"Bible as Scripture: Orthodox Slavic Scripturality and Church Slavonic " by John Max Mikitish

Date of Award

Spring 2023

Document Type

Dissertation

Degree Name

Doctor of Philosophy (PhD)

Department

Slavic Languages and Literatures

First Advisor

Goldblatt, Harvey

Abstract

Both specialized and non-specialized works dealing with the scriptures among the medieval Orthodox Slavs tend to subsume the scriptures under the category of “Bible.” Thus, historians of “the Bible” in Slavia Orthodoxa often view the advent of the Gennadius Bible as the culmination of a centuries-long project. The author of the present work, however, argues that the Orthodox Slavs operated under a paradigm of what is here termed “scripturality”: for participants in the Orthodox Slavic tradition, “scripture” was an open category, and the scriptures were themselves open texts. Scripturality was part of the Orthodox Slavs’ Byzantine patrimony and, indeed, part of the common inheritance of early Christianity, but it was in Slavia Orthodoxa that this way of relating to sacred text reached perhaps its purest expression.

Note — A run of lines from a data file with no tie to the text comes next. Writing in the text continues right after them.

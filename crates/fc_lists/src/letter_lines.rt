//! Lines of entries in letters: which lines of a text have them, and what they are.

ghost use Rattle.std.specs.Prelude.{◌≡◌, ◌↔◌, ◌+◌, ◌^◌, ◌<◌, ◌≤◌, ◌∷◌, [], ◌++◌, ℕ, List, IfOk, IsTrue, OnOk, length, position};
ghost use Rattle.std.specs.List.{position_or_len};
ghost use Rattle.fc_text.specs.Line.{is_line_end};
ghost use Rattle.fc_replay.specs.Token.{move_tokens};
ghost use Rattle.fc_lists.specs.Alone.{AllTokens, IsInLetters, IsPairText, after_space, ends_entries, is_answer, is_before, is_ruled, letter_lines, letters_alone, letters_at, line_letters, text_lines, without_number};
ghost use Rattle.fc_lists.specs.inner.Spaces.{lines_left, solver_lines, space_len};

use crate::words::digit_count;
use fc_replay::MoveGaps;
use fc_sequences::{print_pair, read_pair};
use fc_text::Tokens;
use std::alloc::{AllocError, Global};

// The lines that have entries, counted from 0.
#[derive(Clone, Copy)]
pub(crate) struct LetterLines {
    pub first: usize,
    // The line behind the last, if there is an end.
    pub end: Option<usize>,
}

// How many bytes stand before the first LF, if there is one.
pub(crate) fn line_len(text: &[u8]) -> Option<usize>
    ensures { result ≡ position is_line_end text.now }
{
    text.iter().position(|byte| *byte == b'\n')
}

// The letters of a line: without white space before them, and the number of the first move.
pub(crate) fn line_letters(line: &[u8]) -> &[u8]
    ensures value { result.now ≡ line_letters line.now }
{
    without_number(after_space(line))
}

// A line without the number that it begins with, a point and a blank.
fn without_number(line: &[u8]) -> &[u8]
    ensures value { result.now ≡ without_number line.now }
{
    let count = digit_count(line);
    if count == 0 {
        return line;
    }
    match &line[count..] {
        [b'.', b' ', letters @ ..] => letters,
        _ => line,
    }
}

// A line without the white space that it begins with.
fn after_space(line: &[u8]) -> &[u8]
    ensures value { result.now ≡ after_space line.now }
{
    &line[space_len(line)..]
}

// How many bytes of white space a line begins with.
fn space_len(line: &[u8]) -> usize
    ensures value { result ≡ space_len line.now }
    ensures within { result ≤ length line.now }
{
    for (i, byte) in line.iter().enumerate() {
        if !byte.is_ascii_whitespace() {
            return i;
        }
    }
    line.len()
}

// Whether a line has entries in small letters alone, as no drawn board has: its cards are in capitals.
pub(crate) fn is_in_letters(line: &[u8]) -> bool
    ensures value { IsTrue result ↔ IsInLetters line.now }
{
    let letters = line_letters(line);
    has_token(letters) && are_pairs(letters)
}

// Whether a text has a token.
fn has_token(text: &[u8]) -> bool
    ensures value { IsTrue result ↔ (0 < length (move_tokens text.now)) }
{
    let mut tokens = Tokens::new(text, MoveGaps);
    tokens.next().is_some()
}

// Whether each token of a text is that of an entry.
fn are_pairs(text: &[u8]) -> bool
    ensures value { IsTrue result ↔ AllTokens IsPairText (move_tokens text.now) }
{
    for token in Tokens::new(text, MoveGaps) {
        if !is_pair_text(token) {
            return false;
        }
    }
    true
}

// Whether a token is the text of an entry.
fn is_pair_text(token: &[u8]) -> bool
    ensures value { IsTrue result ↔ IsPairText token.now }
{
    match read_pair(token) {
        Some(pair) => print_pair(pair).as_slice() == token,
        None => false,
    }
}

// The lines of a text that have entries in letters.
pub(crate) fn letter_lines(text: &[u8], has_sequences: bool) -> LetterLines
    ensures value { result ≡ letter_lines has_sequences text.now }
{
    let first = if is_answer(text) { 1 } else { 0 };
    if has_sequences {
        solver_lines(text, first)
    } else {
        LetterLines { first, end: None }
    }
}

// Whether a text begins as the answer of a board that is won.
fn is_answer(text: &[u8]) -> bool
    ensures value { result ≡ is_answer text.now }
{
    text.starts_with(b"shortest ") || text.starts_with(b"won ")
}

// Whether a solver's entries end before a line.
fn ends_entries(line: &[u8]) -> bool
    ensures value { result ≡ ends_entries line.now }
{
    line.starts_with(b"===") || line.starts_with(b"This game is ")
}

// Whether a line is ruled, as that above a solver's entries.
fn is_ruled(line: &[u8]) -> bool
    ensures value { result ≡ is_ruled line.now }
{
    line.starts_with(b"-=-=")
}

// Whether a line is before the end.
fn is_before(number: usize, end: Option<usize>) -> bool
    ensures value { result ≡ is_before number end }
{
    match end {
        Some(end) => number < end,
        None => true,
    }
}

// Appends the entries of the line of a number.
pub(crate) fn push_letters(
    list: &mut Vec<u8>,
    lines: LetterLines,
    number: usize,
    line: &[u8],
) -> Result<(), AllocError>
    ensures pushed { OnOk result (list.new.items ≡ list.old.items ++ letters_at lines (number, line.now)) }
{
    if lines.first <= number && is_before(number, lines.end) {
        return list.extend_from_slice(line_letters(line));
    }
    Ok(())
}

// The lines with a solver's entries: behind the last ruled one before the end, or else from this one on.
fn solver_lines(text: &[u8], otherwise: usize) -> LetterLines
    ensures value { result ≡ solver_lines otherwise (text_lines text.now) }
{
    let mut first = otherwise;
    let mut number = 0;
    let mut rest = text;
    while let Some(len) = line_len(rest) {
        let line = &rest[..len];
        if ends_entries(line) {
            let end = Some(number);
            return LetterLines { first, end };
        }
        rest = &rest[len + 1..];
        number += 1;
        if is_ruled(line) {
            first = number;
        }
    }
    last_lines(first, number, rest)
}

// The lines with a solver's entries, behind so many lines before the last.
fn last_lines(first: usize, number: usize, last: &[u8]) -> LetterLines
    requires room { number + length last.now < 2 ^ 64 }
    ensures value { result ≡ lines_left first number (last.now ∷ []) }
{
    if ends_entries(last) {
        let end = Some(number);
        return LetterLines { first, end };
    }
    if is_ruled(last) {
        let first = number + 1;
        return LetterLines { first, end: None };
    }
    LetterLines { first, end: None }
}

Medieval Orthodox Slavic texts regularly refer to all sacred writing as “scripture” and invoke these writings as having a common authority. This basic hermeneutic and terminological orientation resists the idea of a “Bible,” a collection of all the divinely authored writings in a single pandect. Thus, the appearance of the Gennadius Bible, rather than being the result of a centuries-long quest, is the irruption of a novel biblical artifact in a scriptural context. The author argus that the Gennadius Bible and its successors, rather than transforming the Orthodox Slavic tradition of sacred literature, are themselves best read within that tradition as a specialized type of scripture.